-- HOW TO COMPLETE THIS TASK --
Copy, from the data below, every line that has "first" in it.

-- RECORDS FOR PROCESSING follows --

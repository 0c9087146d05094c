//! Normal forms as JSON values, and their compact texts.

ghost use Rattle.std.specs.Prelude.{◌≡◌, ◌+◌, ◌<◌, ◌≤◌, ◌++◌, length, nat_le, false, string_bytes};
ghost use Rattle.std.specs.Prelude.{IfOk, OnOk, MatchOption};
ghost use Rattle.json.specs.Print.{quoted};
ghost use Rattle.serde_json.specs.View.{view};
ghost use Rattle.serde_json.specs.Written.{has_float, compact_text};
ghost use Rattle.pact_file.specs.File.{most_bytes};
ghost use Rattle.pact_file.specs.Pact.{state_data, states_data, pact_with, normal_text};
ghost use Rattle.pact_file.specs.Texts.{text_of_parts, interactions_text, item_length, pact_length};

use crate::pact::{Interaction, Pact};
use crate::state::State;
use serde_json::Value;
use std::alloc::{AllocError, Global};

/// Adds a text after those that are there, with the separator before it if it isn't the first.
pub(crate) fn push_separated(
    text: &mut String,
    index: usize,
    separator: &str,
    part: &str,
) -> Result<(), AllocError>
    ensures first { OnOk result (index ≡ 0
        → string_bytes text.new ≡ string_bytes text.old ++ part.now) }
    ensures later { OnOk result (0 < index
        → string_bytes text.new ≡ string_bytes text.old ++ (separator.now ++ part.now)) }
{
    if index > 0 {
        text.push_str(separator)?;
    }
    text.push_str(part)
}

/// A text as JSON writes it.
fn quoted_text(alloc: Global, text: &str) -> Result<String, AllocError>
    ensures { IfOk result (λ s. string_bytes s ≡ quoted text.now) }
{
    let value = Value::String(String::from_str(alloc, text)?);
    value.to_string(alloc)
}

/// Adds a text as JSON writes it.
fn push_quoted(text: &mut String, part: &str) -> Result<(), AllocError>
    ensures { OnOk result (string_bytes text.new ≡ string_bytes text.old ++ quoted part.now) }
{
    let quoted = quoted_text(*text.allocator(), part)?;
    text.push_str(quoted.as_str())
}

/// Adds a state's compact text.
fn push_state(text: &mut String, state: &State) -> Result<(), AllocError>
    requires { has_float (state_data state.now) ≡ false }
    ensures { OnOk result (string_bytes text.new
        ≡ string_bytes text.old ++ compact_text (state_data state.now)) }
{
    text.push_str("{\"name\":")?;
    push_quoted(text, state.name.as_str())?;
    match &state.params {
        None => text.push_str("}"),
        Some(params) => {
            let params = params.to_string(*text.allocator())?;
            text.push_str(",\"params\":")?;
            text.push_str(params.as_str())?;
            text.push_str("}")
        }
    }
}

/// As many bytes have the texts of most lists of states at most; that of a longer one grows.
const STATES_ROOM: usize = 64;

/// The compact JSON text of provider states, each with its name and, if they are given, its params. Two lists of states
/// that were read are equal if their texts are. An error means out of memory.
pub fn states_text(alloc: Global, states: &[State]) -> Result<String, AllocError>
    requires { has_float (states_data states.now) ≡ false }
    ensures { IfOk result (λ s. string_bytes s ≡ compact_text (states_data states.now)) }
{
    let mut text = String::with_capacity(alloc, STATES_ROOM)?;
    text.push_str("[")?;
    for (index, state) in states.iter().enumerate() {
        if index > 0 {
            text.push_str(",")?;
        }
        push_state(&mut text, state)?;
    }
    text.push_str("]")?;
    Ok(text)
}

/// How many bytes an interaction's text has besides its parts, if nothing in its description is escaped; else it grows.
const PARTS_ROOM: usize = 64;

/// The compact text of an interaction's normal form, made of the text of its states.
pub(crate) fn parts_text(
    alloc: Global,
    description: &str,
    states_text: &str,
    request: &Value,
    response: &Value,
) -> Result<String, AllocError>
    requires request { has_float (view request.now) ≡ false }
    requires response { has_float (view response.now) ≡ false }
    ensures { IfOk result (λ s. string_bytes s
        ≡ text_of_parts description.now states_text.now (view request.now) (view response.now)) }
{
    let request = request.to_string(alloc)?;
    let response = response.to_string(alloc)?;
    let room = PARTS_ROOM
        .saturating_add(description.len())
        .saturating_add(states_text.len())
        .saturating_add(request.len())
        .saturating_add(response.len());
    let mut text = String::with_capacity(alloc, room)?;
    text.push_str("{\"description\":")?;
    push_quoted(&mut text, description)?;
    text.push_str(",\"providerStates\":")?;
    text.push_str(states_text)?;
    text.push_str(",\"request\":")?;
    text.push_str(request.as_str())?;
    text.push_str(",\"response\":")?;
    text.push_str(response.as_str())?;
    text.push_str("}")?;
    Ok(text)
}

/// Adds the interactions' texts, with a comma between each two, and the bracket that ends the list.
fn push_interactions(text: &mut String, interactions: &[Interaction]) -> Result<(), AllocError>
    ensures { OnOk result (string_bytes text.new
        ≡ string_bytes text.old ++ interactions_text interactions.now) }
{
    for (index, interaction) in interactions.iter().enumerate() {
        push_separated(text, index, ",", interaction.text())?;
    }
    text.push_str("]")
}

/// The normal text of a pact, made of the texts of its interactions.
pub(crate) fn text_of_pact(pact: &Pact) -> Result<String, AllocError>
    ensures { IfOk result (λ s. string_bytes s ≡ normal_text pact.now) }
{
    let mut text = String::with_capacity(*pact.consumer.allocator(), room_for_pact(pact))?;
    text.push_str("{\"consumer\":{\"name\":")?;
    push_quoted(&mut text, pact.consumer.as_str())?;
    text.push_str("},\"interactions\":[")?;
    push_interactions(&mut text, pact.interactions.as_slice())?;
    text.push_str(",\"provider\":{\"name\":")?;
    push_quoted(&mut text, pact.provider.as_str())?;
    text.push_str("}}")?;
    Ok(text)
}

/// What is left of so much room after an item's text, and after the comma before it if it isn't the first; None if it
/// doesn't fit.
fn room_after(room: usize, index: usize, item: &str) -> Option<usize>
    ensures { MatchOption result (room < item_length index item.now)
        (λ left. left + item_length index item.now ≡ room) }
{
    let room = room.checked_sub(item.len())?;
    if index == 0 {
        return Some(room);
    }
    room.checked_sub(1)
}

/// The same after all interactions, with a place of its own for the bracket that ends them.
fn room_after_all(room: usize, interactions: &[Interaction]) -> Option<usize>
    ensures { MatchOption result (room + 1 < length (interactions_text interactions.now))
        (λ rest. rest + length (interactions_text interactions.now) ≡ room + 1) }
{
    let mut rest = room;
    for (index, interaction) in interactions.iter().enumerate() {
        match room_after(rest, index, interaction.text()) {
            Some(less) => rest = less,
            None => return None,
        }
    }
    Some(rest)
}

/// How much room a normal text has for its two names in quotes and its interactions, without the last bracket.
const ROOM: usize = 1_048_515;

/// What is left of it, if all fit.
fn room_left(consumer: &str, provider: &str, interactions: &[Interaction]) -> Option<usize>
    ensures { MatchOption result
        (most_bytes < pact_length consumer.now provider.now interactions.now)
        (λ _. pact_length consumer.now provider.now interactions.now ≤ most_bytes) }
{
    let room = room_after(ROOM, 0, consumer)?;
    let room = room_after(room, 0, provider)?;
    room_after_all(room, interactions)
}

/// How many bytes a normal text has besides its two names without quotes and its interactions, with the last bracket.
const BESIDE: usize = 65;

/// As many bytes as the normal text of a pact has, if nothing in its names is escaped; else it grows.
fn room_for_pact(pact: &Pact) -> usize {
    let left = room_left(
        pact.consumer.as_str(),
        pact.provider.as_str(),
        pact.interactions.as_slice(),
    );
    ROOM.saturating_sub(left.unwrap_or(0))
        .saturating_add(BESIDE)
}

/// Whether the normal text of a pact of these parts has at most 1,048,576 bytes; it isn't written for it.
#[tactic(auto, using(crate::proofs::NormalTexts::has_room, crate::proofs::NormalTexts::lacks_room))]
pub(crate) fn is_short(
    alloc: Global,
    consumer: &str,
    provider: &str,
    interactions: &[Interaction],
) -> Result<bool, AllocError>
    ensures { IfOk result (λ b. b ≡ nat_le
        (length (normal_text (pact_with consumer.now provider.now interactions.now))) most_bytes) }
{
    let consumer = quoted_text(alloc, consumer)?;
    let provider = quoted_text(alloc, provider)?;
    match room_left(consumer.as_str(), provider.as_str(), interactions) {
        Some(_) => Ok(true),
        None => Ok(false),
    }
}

-- RECORDS FOR PROCESSING concluded --

-- ANSWER --
/// Adds a text after those that are there, with the separator before it if it isn't the first.
    ensures first { OnOk result (index ≡ 0
/// What is left of so much room after an item's text, and after the comma before it if it isn't the first; None if it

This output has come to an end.